Your signature drag makeup is a bold part of your identity. How does this aesthetic complement “Salieri”‘s theme?

A: It doesn’t! If anything, it suits Mozart’s flashy characterisation in Amadeus more. With that in mind, when making the music video I knew my interpretation of ‘Marlzart’ was going to be the drag persona. That allowed me to have a bit of fun making the posters and ‘social media presence’ for Marlzart – I had screenshotted the Instagram and Spotify pages of a certain pop star with many followers and badly edited my face onto pics of Billie Eilish and Harry Styles etc for the feed which is very silly. Salieri’s own sad-looking Spotify is just a screenshot of my own Spotify page in its current state!

Performing at festivals and receiving radio features, how has the journey been leading up to “Salieri”‘s release?

A: It’s been good!
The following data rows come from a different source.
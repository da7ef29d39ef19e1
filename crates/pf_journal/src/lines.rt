//! The lines of a text.

ghost use Rattle.std.specs.Prelude.{◌≡◌, ◌⊎◌, [], true, false, not, IfErr, IfOk, OnOk, MatchOption};
ghost use Rattle.std.specs.List.{list_any};
ghost use Rattle.pf_journal.specs.Batches.{has_room};
ghost use Rattle.pf_journal.specs.Lines.{journal_of, texts_of};
ghost use Rattle.pf_journal.specs.Texts.{IsFirst, whole_lines};
ghost use Rattle.pf_journal.specs.declared.journal_error.JournalError.TheVariants.{LongLine, OutOfMemory};

use crate::batch::MOST_TEXT;
use crate::journal_error::JournalError;
use std::alloc::Global;

/// The first line that ends in a text, without its end, and what stands after it.
pub(crate) fn first_line(text: &[u8]) -> Option<(&[u8], &[u8])>
    ensures { MatchOption result (whole_lines text.now ≡ []) (λ parts. IsFirst text.now parts.0.now parts.1.now) }
{
    for (end, byte) in text.iter().enumerate() {
        if *byte == b'\n' {
            return Some((&text[..end], &text[end + 1..]));
        }
    }
    None
}

/// The lines that end in a text, with open gates, and a shut gate after them.
///
/// # Errors
///
/// `LongLine` where one has more bytes than a line may have, and `OutOfMemory` where memory is refused.
pub(crate) fn gated_lines(alloc: Global, text: &[u8]) -> Result<Vec<u8>, JournalError>
    ensures gated { IfOk result (λ bytes. bytes.items ≡ journal_of (whole_lines text.now)) }
    ensures read { IfOk result (λ bytes. texts_of bytes.items ≡ whole_lines text.now) }
    ensures short { OnOk result (list_any (λ line. not (has_room [] line)) (whole_lines text.now) ≡ false) }
    ensures failed { IfErr result (λ error. ((error ≡ LongLine) × (list_any (λ line. not (has_room [] line)) (whole_lines text.now) ≡ true))
        ⊎ (error ≡ OutOfMemory)) }
{
    let mut bytes = Vec::new(alloc);
    let mut rest = text;
    while let Some((line, after)) = first_line(rest) {
        if line.len() > MOST_TEXT {
            return Err(JournalError::LongLine);
        }
        bytes.extend_from_slice(b" ")?;
        bytes.extend_from_slice(line)?;
        bytes.extend_from_slice(b"\n")?;
        rest = after;
    }
    bytes.extend_from_slice(b"#")?;
    Ok(bytes)
}
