use crate::journal_error::JournalError;
use sqlite_disk::Disk;

/// A file that was not read or opened, and why.
#[derive(Drop)]
pub struct Failed<D: Disk> {
    pub error: JournalError,
    pub disk: D,
}
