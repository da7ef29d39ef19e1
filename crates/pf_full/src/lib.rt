//! All that a run tells as one JSON object. The one contract of this crate: from a snapshot and the commands that were refused
//! `full_pieces` gives the text of the object, in pieces.
#![tactic(auto)]

pub mod event_numbers;
pub mod events;
pub mod figures;
pub mod full;
pub mod refusal;
pub mod settings;
mod titles;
I’ve put out a few singles since April last year, and at the moment it’s pretty much the same process before each release. You have to submit the song through your distributor at least 4 weeks before it goes live to try and get on a Spotify curated playlist – as an independent artist it’s tricky and a hugely competitive market in which I haven’t had any joy with yet. Salieri isn’t the type of song I had expected any radio play or playlisting from anyway – but Fern Buckley at BBC Introducing Solent had picked it up and very kindly given it a spin on her show which I’m incredibly grateful for. 
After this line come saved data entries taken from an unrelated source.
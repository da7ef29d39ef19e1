/// What a file is, before a journal is opened on it.
#[derive(Clone, Copy, PartialEq, Eq)]
pub enum State {
    /// No record stands in it yet: it is empty, or a crash left it while its heading was written. So has each file of one
    /// byte at most, and each of at most nine whose first is a blank.
    New,
    /// A journal of this version, at rest or as a crash may have left it.
    Journal,
    /// A journal of this version, behind whose lines lies what no crash leaves. It is not written to.
    Damaged,
    /// Neither. It is not written to.
    Other,
}
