//! Figures of a schedule, as every simulator gives them. The one contract of this crate: from a snapshot each call gives
//! the bytes of the table.
#![tactic(auto)]

pub mod processors;
pub mod stats;
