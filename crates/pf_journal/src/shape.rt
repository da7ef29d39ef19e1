//! What the bytes of a file stand for.

ghost use Rattle.std.specs.Prelude.{◌≡◌, ◌≤◌, length, true, nat_eq};
ghost use Rattle.std.specs.List.{starts_with};
ghost use Rattle.pf_journal.specs.Lines.{end_of, ends_in, heading, is_end, is_new, line_of, lines_of, texts_of};

use crate::batch::MOST_BYTES;

/// The bytes of the heading's line.
pub(crate) const HEADING_SIZE: usize = 8;

/// Whether no record stands in a file yet.
pub(crate) fn is_new(bytes: &[u8]) -> bool
    ensures { result ≡ is_new bytes.now }
{
    bytes.len() <= 1 || (bytes.len() <= 9 && bytes[0] == b' ')
}

/// Whether a crash may leave what lies after the lines of a journal, which take so many bytes.
#[tactic(auto, using(crate::proofs::Sizes::size_within))]
pub(crate) fn is_end(bytes: &[u8], size: usize) -> bool
    requires size { size ≡ length (lines_of (texts_of bytes.now)) }
    requires headed { starts_with nat_eq bytes.now (line_of heading) ≡ true }
    ensures { result ≡ is_end (texts_of bytes.now) (end_of bytes.now) }
{
    bytes.len() <= size + 1
        || (bytes[size] == b'#' && (size <= HEADING_SIZE || bytes.len() - (size + 1) <= MOST_BYTES))
}

/// How many bytes the lines take that stand at the start of a file.
#[tactic(auto, using(crate::proofs::Sizes::size_is))]
pub(crate) fn lines_size(bytes: &[u8]) -> usize
    ensures { result ≡ length (lines_of (texts_of bytes.now)) }
{
    let mut at = 0;
    let mut best = 0;
    let mut begun = false;
    let mut rest = bytes;
    while let [byte, after @ ..] = rest {
        at += 1;
        if !begun {
            if *byte != b' ' {
                return best;
            }
            begun = true;
        } else if *byte == b'\n' {
            best = at;
            begun = false;
        }
        rest = after;
    }
    best
}

/// How many lines end in these bytes.
pub(crate) fn ends_in(bytes: &[u8]) -> usize
    ensures lines { result ≡ ends_in bytes.now }
    ensures within { result ≤ length bytes.now }
{
    let mut count = 0;
    let mut rest = bytes;
    while let [byte, after @ ..] = rest {
        if *byte == b'\n' {
            count += 1;
        }
        rest = after;
    }
    count
}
With “Salieri” reflecting on social media’s impact, what message do you hope listeners take from the song?

A: Stop comparing yourself to other people! Much easier said than done, I know. I keep trying to tell myself this too, it’s an ongoing thing. We’re all on our own paths, there’s always going to be people out there who won’t get you or like you. As a creative and for the creatives – you just have to make what you want to make and stay true to yourself (which sounds like a massive cliché BUT IT’S TRUE!). Remember why you started making stuff in the first place and take it all one step at a time.